● TASK DETAILS
State how many lines in the listing below contain the word "auto", and write nothing else.

——————

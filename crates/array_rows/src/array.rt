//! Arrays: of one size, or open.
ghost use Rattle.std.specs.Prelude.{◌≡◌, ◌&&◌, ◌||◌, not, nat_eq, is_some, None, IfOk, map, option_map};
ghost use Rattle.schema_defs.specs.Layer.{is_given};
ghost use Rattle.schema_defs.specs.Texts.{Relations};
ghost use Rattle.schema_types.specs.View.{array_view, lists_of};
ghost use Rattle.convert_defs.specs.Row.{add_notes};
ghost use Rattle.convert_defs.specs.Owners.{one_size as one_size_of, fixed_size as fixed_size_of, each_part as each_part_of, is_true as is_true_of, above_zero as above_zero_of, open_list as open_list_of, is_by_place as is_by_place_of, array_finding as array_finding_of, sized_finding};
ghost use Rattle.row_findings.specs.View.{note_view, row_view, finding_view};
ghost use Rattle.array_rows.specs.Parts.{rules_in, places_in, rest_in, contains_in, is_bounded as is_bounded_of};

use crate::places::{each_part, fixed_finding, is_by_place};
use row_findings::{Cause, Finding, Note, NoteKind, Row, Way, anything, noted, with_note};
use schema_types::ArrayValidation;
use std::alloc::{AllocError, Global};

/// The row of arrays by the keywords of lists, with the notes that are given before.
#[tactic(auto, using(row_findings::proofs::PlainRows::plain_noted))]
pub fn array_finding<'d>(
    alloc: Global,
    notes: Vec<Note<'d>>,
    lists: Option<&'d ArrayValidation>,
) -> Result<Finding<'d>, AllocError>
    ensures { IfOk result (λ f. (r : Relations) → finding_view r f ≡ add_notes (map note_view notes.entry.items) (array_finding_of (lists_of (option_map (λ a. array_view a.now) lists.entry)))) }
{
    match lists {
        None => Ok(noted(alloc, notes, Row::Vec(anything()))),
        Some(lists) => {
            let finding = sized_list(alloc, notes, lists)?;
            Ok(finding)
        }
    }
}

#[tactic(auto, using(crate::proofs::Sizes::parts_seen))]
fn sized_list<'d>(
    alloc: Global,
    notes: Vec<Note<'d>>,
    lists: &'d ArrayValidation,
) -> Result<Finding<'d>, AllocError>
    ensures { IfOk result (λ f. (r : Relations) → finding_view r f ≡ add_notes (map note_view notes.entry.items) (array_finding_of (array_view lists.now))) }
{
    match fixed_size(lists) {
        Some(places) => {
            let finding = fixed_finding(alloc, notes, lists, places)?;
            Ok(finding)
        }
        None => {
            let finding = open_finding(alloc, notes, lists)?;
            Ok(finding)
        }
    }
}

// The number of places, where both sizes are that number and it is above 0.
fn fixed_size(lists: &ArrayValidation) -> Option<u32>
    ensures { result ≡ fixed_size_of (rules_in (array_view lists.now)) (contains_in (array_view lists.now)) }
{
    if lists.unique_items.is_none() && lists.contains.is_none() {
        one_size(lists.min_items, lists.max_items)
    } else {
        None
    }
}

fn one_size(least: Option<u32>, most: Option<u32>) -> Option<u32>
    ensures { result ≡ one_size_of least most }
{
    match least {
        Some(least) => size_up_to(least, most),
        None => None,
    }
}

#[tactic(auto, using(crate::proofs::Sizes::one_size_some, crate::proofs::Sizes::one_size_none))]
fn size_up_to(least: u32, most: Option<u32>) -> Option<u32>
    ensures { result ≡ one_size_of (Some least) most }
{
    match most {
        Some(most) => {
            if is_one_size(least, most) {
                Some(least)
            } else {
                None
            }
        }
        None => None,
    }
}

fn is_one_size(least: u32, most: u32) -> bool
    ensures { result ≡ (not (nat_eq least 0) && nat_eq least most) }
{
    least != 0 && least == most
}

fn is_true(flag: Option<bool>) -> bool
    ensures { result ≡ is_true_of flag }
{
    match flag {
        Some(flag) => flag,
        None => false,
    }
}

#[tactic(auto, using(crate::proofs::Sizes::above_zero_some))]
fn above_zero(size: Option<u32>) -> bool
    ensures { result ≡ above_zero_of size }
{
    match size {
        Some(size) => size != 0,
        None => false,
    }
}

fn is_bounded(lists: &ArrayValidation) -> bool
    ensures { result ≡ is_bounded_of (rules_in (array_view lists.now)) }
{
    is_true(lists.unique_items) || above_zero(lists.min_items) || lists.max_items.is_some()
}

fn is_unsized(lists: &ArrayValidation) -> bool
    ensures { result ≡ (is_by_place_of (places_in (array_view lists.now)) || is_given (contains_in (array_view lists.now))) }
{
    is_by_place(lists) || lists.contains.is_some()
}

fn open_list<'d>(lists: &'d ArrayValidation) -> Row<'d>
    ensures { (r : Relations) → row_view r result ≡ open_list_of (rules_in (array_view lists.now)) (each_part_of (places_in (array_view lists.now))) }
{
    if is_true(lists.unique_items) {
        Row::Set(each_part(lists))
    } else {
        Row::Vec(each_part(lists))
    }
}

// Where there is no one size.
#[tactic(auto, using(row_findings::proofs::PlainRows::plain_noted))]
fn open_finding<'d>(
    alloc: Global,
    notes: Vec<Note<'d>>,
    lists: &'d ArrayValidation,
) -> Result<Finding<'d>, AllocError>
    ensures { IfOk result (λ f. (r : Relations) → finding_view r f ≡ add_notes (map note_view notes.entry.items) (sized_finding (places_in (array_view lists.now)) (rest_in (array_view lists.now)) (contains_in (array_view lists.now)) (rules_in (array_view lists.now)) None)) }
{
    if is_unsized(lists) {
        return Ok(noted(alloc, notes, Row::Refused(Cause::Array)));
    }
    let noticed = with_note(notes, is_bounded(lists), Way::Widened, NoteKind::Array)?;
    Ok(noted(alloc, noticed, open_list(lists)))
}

——————

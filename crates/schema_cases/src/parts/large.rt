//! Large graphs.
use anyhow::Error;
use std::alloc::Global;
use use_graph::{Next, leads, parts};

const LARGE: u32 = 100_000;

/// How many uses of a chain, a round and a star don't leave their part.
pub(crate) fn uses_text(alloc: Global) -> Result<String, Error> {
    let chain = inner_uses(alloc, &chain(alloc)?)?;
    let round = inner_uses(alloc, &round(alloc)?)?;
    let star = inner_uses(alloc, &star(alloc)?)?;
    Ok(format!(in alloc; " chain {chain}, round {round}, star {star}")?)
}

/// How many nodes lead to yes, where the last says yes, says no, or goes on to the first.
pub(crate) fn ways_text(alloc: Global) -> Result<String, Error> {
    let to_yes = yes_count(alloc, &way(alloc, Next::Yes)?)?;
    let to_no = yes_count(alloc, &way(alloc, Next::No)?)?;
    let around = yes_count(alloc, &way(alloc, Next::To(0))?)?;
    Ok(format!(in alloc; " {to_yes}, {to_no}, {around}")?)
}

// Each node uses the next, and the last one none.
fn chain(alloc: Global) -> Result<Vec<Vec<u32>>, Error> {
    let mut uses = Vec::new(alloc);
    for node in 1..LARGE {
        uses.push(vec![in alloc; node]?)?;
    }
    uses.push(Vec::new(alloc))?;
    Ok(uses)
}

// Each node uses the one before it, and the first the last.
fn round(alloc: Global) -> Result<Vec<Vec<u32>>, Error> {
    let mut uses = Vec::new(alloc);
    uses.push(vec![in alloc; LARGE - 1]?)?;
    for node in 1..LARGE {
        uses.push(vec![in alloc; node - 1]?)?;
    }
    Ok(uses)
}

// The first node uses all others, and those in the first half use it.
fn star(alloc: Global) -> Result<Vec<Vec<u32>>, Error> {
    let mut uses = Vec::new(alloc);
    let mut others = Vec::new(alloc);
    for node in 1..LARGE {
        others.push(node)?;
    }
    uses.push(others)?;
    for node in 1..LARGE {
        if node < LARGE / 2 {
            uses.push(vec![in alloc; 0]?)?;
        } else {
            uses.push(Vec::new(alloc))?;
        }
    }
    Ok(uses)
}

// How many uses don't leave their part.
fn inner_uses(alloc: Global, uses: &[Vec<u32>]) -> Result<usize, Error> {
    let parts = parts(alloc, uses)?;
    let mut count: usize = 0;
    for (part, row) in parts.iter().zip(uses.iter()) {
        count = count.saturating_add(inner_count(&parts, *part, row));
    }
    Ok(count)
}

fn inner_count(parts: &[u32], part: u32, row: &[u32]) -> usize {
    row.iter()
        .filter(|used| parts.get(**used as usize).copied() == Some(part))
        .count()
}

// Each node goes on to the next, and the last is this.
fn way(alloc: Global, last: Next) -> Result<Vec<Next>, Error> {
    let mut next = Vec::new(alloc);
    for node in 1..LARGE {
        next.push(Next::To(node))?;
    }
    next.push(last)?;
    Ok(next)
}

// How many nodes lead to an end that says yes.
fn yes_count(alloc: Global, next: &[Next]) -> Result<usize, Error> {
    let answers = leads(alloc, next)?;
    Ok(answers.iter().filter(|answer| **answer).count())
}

——————

● OUTPUT
5